If Blackberry is coming, I'd assume Windows Mobile etc may come at the same time or soon to follow. But that's just wild speculation.


----------



## hdtvfan0001 (Jul 28, 2004)

dpeters11 said:


> I found this on crackberry.com, that the DVR Scheduling team is expecting a Blackberry app this year. It's certainly plausible with the other apps they've developed for Sunday Ticket. I just want to know how a guy that says he's not an insider is able to trade emails with an internal group of DirecTV.
> 
> http://forums.crackberry.com/showthread.php?t=326953
> 
> If Blackberry is coming, I'd assume Windows Mobile etc may come at the same time or soon to follow. But that's just wild speculation.


If they only support the same kind of Blackberry device list that they did for SuperCast, then they'll miss the boat on most Blackberry users yet again.

Hopefully, they'll recognize (this time) that the Curve 83xx, World Edition 8100, and other models all make up the majority of Blackberry users....for Supercast....all of those were excluded this time around.


----------



## dpeters11 (May 30, 2007)

hdtvfan0001 said:


> If they only support the same kind of Blackberry device list that they did for SuperCast, then they'll miss the boat on most Blackberry users yet again.
> 
> Hopefully, they'll recognize (this time) that the Curve 83xx, World Edition 8100, and other models all make up the majority of Blackberry users....for Supercast....all of those were excluded this time around.


I would think that from a technical standpoint, remote scheduler wouldn't require as much as Supercast (and would work better on non 3G network devices). So I certainly can't see it not working for most if not all 8xxx models.

The other challenge is for users connected to a BES, if things like MDS are blocked. Fortunately I can ensure that our BES isn't preventing it from working.


----------



## hdtvfan0001 (Jul 28, 2004)

dpeters11 said:


> I would think that from a technical standpoint, remote scheduler wouldn't require as much as Supercast (and would work better on non 3G network devices). So I certainly can't see it not working for most if not all 8xxx models.
> 
> The other challenge is for users connected to a BES, if things like MDS are blocked. Fortunately I can ensure that our BES isn't preventing it from working.

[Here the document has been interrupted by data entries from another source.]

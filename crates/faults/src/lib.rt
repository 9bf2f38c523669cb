// What is wrong with a card or a deck, as a sentence that people read. Each function that is shown here takes any bytes and any numbers.
#![tactic(auto)]

mod counts;
mod layout;
mod lines;
mod names;
mod sentences;

pub use counts::sum;
pub use lines::{Line, empty};
pub use sentences::{of_card, of_deck, of_long, of_none};
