// Where a byte of a card stands, and what is due there.
ghost use Rattle.std.specs.Prelude.{◌≡◌, ◌-◌, ◌≤◌};
ghost use Rattle.faults.specs.Sentences.{words_of, data_field, stop_field, field_at, due_at, highest};

// A field of a card.
#[derive(Clone, Copy, Debug, PartialEq, Eq)]
pub enum Field {
    Kind,
    CardNumber,
    Location,
    Word(usize),
    Problem,
    FirstOrder,
    StopNumber,
    Count,
    Shown,
}

// What is due at a place: a digit or a sign; as a kind one of a deck, of a data card or of the first-order card; or a location up to one.
#[derive(Clone, Copy, Debug, PartialEq, Eq)]
pub enum Due {
    Digit,
    Sign,
    Kinds,
    DataKinds,
    TheFirst,
    Upto(u64),
}

// How many words a card of that kind has. A kind is a byte of any file, known or not, as the definitions have it, so an enum is no plainer.
fn words_of(kind: u8) -> usize
    ensures { (result ≡ words_of kind) × (result ≤ 6) }
{
    match kind {
        b'1'..=b'5' => (kind - b'0') as usize,
        b'X' => 6,
        _ => 0,
    }
}

// The field of the byte o of a stop card.
fn stop_field(o: usize) -> Field
    ensures { result ≡ stop_field o }
{
    if o < 3 {
        return Field::StopNumber;
    }
    if o < 7 {
        return Field::Location;
    }
    if o < 13 {
        return Field::Count;
    }
    Field::Shown
}

// The field of the byte o of a card of n words.
fn data_field(n: usize, o: usize) -> Field
    requires { n ≤ 6 }
    ensures { result ≡ data_field n o }
{
    if o < 5 {
        return Field::CardNumber;
    }
    if o < 8 {
        return Field::Location;
    }
    if o < 8 + 11 * n {
        return Field::Word((o - 8) / 11);
    }
    Field::Problem
}

// The field of the byte o of a card.
pub(crate) fn field_at(kind: u8, o: usize) -> Field
    ensures { result ≡ field_at kind o }
{
    if kind == b'T' {
        if o < 4 {
            return Field::FirstOrder;
        }
        return Field::Problem;
    }
    if kind == b'Z' {
        return stop_field(o);
    }
    data_field(words_of(kind), o)
}

// What is due at the byte o of a card.
pub(crate) fn due_at(kind: u8, o: usize) -> Due
    ensures { result ≡ due_at kind o }
{
    if kind == b'Z' {
        if o == 13 {
            return Due::Sign;
        }
        return Due::Digit;
    }
    if card::sign_due(words_of(kind), o) {
        return Due::Sign;
    }
    Due::Digit
}

// The highest location of a card, and the highest first order.
pub(crate) fn highest_of(kind: u8) -> u64
    ensures { result ≡ highest kind }
{
    match kind {
        b'1'..=b'5' => 1000 - ((kind - b'0') as u64),
        _ => 999,
    }
}
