// A line that is written text by text.
ghost use Rattle.std.specs.Prelude.{◌≡◌, [], ◌++◌};
ghost use Rattle.faults.specs.Lines.{as_far};
ghost use Rattle.faults.specs.Sentences.{numeral};

use octets::{copy, put_field, width_of};
use std::marker::Model;

// What is written, at the start of a room with zeros behind it, and how many bytes it has. A line has room for every sentence.
#[derive(Clone, Copy)]
pub struct Line {
    bytes: [u8; 256],
    size: usize,
}

// A line is the text that it says. No Display and write!: these answer a Result, where a line's text has room or is cut, and the chains of
// `with` read as the sentences do, so they would be no plainer.
impl Model for Line {
    ghost use Rattle.std.specs.Prelude.{ℕ, List, length};

    ghost Value = { List ℕ };

    ghost use Rattle.faults.specs.Rooms.{text_in, Kept, room_of, room_again};

    ghost view = { text_in };

    ghost invariant = { Kept };

    ghost inverse = { room_of };

    ghost inverse_ok = { room_again };
}

// A line that says nothing yet.
pub fn empty() -> Line
    ensures { result ≡ [] }
{
    Line {
        bytes: [0; 256],
        size: 0,
    }
}

impl Line {
    // What it says.
    pub fn text(&self) -> &[u8]
        ensures { result.now ≡ self.now }
    {
        &self.bytes[..self.size]
    }

    // With a text behind it, as far as there is room.
    pub(crate) fn with(self, text: &[u8]) -> Line
        ensures { result ≡ as_far (self ++ text.now) }
    {
        let mut bytes = self.bytes;
        let left = 256 - self.size;
        copy(&mut bytes, self.size, text, 0, left);
        Line {
            bytes,
            size: self.size + left.min(text.len()),
        }
    }

    // With a number behind it, in as many digits as it has.
    pub(crate) fn with_number(self, x: u64) -> Line
        ensures { result ≡ as_far (self ++ numeral x) }
    {
        let mut room = [0u8; 20];
        let n = width_of(x);
        put_field(&mut room, 0, n, x);
        self.with(&room[..n])
    }
}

Agree...and hope to see improvement in the actual list of devices supported.


----------



## Tom Robertson (Nov 15, 2005)

Thanks, dpeters11!

More hope for us Winmo people too (at least a glimmer) 

Cheers,
Tom


----------



## MIAMI1683 (Jul 11, 2007)

not to be a jerk............BUT.....it seems awefully slow and painful on this subject (as some of you know) with the Storm2 releasing Nov. 5th or earlier and the imenant release of the new 5.0 os coming to all the BlackBerry platforms...yes even the pearl flip has seen 5.0 love. I hope D* spends some time with the new style OS. It's a little different then the 4.x set up. Now that Tvio has a blackberry app it SHOULDN'T be much longer for Directv....


----------



## dpeters11 (May 30, 2007)

MIAMI1683 said:


> not to be a jerk............BUT.....it seems awefully slow and painful on this subject (as some of you know) with the Storm2 releasing Nov. 5th or earlier and the imenant release of the new 5.0 os coming to all the BlackBerry platforms...yes even the pearl flip has seen 5.0 love. I hope D* spends some time with the new style OS. It's a little different then the 4.x set up. Now that Tvio has a blackberry app it SHOULDN'T be much longer for Directv....

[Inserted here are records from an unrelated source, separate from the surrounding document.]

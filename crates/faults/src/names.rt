// What sentences call the parts of a card, what is due, and the byte that stands there.
ghost use Rattle.std.specs.Prelude.{◌≡◌, [], ◌∷◌, ◌++◌};
ghost use Rattle.rules.specs.Cards.{digits};
ghost use Rattle.faults.specs.Lines.{as_far};
ghost use Rattle.faults.specs.Sentences.{is_letter, word_name, field_name, due_name, blank_name, byte_name};

use crate::layout::{Due, Field};
use crate::lines::Line;
use octets::{is_digit, put_field};

// The name of word i.
fn word_name(i: usize) -> &'static [u8]
    ensures { result.now ≡ word_name i }
{
    match i {
        0 => b"first word",
        1 => b"second word",
        2 => b"third word",
        3 => b"fourth word",
        4 => b"fifth word",
        _ => b"sixth word",
    }
}

impl Field {
    // Its name.
    pub(crate) fn name(self) -> &'static [u8]
        ensures { result.now ≡ field_name self }
    {
        match self {
            Field::Kind => b"kind",
            Field::CardNumber => b"card number",
            Field::Location => b"location",
            Field::Word(i) => word_name(i),
            Field::Problem => b"problem number",
            Field::FirstOrder => b"first order",
            Field::StopNumber => b"stop number",
            Field::Count => b"count",
            Field::Shown => b"word",
        }
    }
}

// Whether a byte is a letter.
fn is_letter(b: u8) -> bool
    ensures { result ≡ is_letter b }
{
    b.is_ascii_alphabetic()
}

impl Line {
    // With three digits of a number behind it.
    fn with_three(self, x: u64) -> Line
        ensures { result ≡ as_far (self ++ digits 3 x) }
    {
        let mut room = [0u8; 3];
        put_field(&mut room, 0, 3, x);
        self.with(&room)
    }

    // With what is due behind it.
    pub(crate) fn with_due(self, due: Due) -> Line
        ensures { result ≡ as_far (self ++ due_name due) }
    {
        match due {
            Due::Digit => self.with(b"a digit"),
            Due::Sign => self.with(b"a sign"),
            Due::Kinds => self.with(b"1 to 5 or T"),
            Due::DataKinds => self.with(b"1 to 5"),
            Due::TheFirst => self.with(b"T"),
            Due::Upto(n) => self.with(b"001 to ").with_three(n),
        }
    }

    // With the name of a byte behind it that cannot be seen.
    fn with_blank(self, b: u8) -> Line
        ensures { result ≡ as_far (self ++ blank_name b) }
    {
        match b {
            b'\t' => self.with(b"a tab"),
            b'\n' => self.with(b"a line end"),
            b'\r' => self.with(b"a carriage return"),
            b' ' => self.with(b"a space"),
            _ => self.with(b"number ").with_number(b as u64),
        }
    }

    // With a text and one byte behind it.
    fn with_seen(self, text: &[u8], b: u8) -> Line
        ensures { result ≡ as_far (self ++ (text.now ++ b ∷ [])) }
    {
        self.with(text).with(&[b])
    }

    // With the name of a byte behind it.
    pub(crate) fn with_byte(self, b: u8) -> Line
        ensures { result ≡ as_far (self ++ byte_name b) }
    {
        if b == b'+' {
            return self.with(b"a plus sign");
        }
        if b == b'-' {
            return self.with(b"a minus sign");
        }
        if is_digit(b) {
            return self.with_seen(b"a digit ", b);
        }
        if is_letter(b) {
            return self.with_seen(b"a letter ", b);
        }
        if b.is_ascii_graphic() {
            return self.with_seen(b"a mark ", b);
        }
        self.with_blank(b)
    }
}
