// Which card of a deck it is.
ghost use Rattle.std.specs.Prelude.{◌≡◌, ◌+◌};
ghost use Rattle.rules.specs.Decks.{card_at, card_size, cards_from};
ghost use Rattle.faults.specs.Sentences.{count_before, place_behind, card_from_start};

use rules::Card;

// A sum, or the largest number where it has too many digits.
pub fn sum(a: usize, b: usize) -> usize
    ensures { result ≡ place_behind a b }
{
    a.saturating_add(b)
}

// How many bytes the card at a place has; 0 where it has a fault, or there is none, as `card_size` of the rules has it: an Option is no plainer.
fn size_at(deck: &[u8], at: usize) -> usize
    ensures { result ≡ card_size (card_at deck.now at) }
{
    match card::card_at(deck, at) {
        Card::Data { size, .. } => size,
        Card::First { .. } => 7,
        Card::Bad(..) | Card::End => 0,
    }
}

// How many cards of a deck begin before a place, up to one with a fault. A step is a card's size; an iterator for this walk alone is no plainer.
fn count_before(deck: &[u8], place: usize) -> usize
    ensures { result ≡ count_before place (cards_from deck.now 0) }
{
    let mut at: usize = 0;
    let mut n: usize = 0;
    while at < place {
        let size = size_at(deck, at);
        if size == 0 {
            return n;
        }
        at += size;
        n += 1;
    }
    n
}

// Which card from the start begins at a place.
pub(crate) fn card_from_start(deck: &[u8], place: usize) -> usize
    ensures { result ≡ card_from_start deck.now place }
{
    sum(count_before(deck, place), 1)
}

As long as they support both 4.x and 5. Though I'm not sure how imminent it is. Sure I've seen lots of leaks but the latest one for mine certainly isn't ready.

I supposed eventually I'll need to upgrade my server.


----------



## MIAMI1683 (Jul 11, 2007)

dpeters11 said:


> As long as they support both 4.x and 5. Though I'm not sure how imminent it is. Sure I've seen lots of leaks but the latest one for mine certainly isn't ready.
> 
> I supposed eventually I'll need to upgrade my server.

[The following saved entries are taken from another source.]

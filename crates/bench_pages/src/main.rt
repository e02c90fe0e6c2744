// Loads and stores over 64 pages, as many rounds as the argument says, for bench/pages.sh.
#![tactic(auto)]

use page_set::Pages;
use std::{env, io};

const FIRST: u32 = 16;

const END: u32 = 80;

/// One load and one store in each round, at addresses that jump about. The sum of what was loaded.
fn run(pages: &mut Pages, rounds: u32) -> u32 {
    let mut sum = 0u32;
    let mut place = 1u32;
    for i in 0..rounds {
        place = place.wrapping_mul(1_664_525).wrapping_add(1_013_904_223);
        let addr = FIRST * 4096 + place % 0x1_0000 * 4;
        match pages.load_4(addr, 4) {
            Ok(word) => sum = sum.wrapping_add(word),
            Err(_) => {}
        }
        let _ = pages.store_4(addr, sum ^ i);
    }
    sum
}

fn main(rt: HostRuntime) -> io::Result<()> {
    let mut rounds = 100_000u32;
    for word in env::args(&rt)?.skip(1) {
        match word.parse::<u32>() {
            Ok(number) => rounds = number,
            Err(_) => {}
        }
    }
    let mut pages = Pages::new(rt.alloc());
    match pages.map_range(FIRST, END, 6) {
        Ok(()) => println!(rt; "{} rounds, sum {}", rounds, run(&mut pages, rounds)),
        Err(_) => println!(rt; "out of memory"),
    }
}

 The "leakes" we see never got past testing. They are more of a preview. From a person inside R&D for RIm. " 5.0 is closer than anyone thinks". It's the futue for sure. I believe that when the Odin (Storm2) and Onyx are released they will both have 5.0 already installed. With BIS going to 2.8 (5.0 compatible) and ALOT of the app store apps getting updates it won't be much longer. The Apps are beign updated to work on 5.0 too. App World all IM clients too. Stuff that RIM certifies that is. Third party developers will have to update thier own app.

Tivo supports 4.x now sive I no longer have them I can't test it on 5.0. I will however ask some friends if its possible to get that done.


----------



## Jeremy W (Jun 19, 2006)

Tom Robertson said:


> More hope for us Winmo people too (at least a glimmer)


Yes! My Touch Pro 2 would love to see a DVR Scheduling app!


----------



## pdawg17 (Jul 17, 2006)

Jeremy W said:


> Yes! My Touch Pro 2 would love to see a DVR Scheduling app!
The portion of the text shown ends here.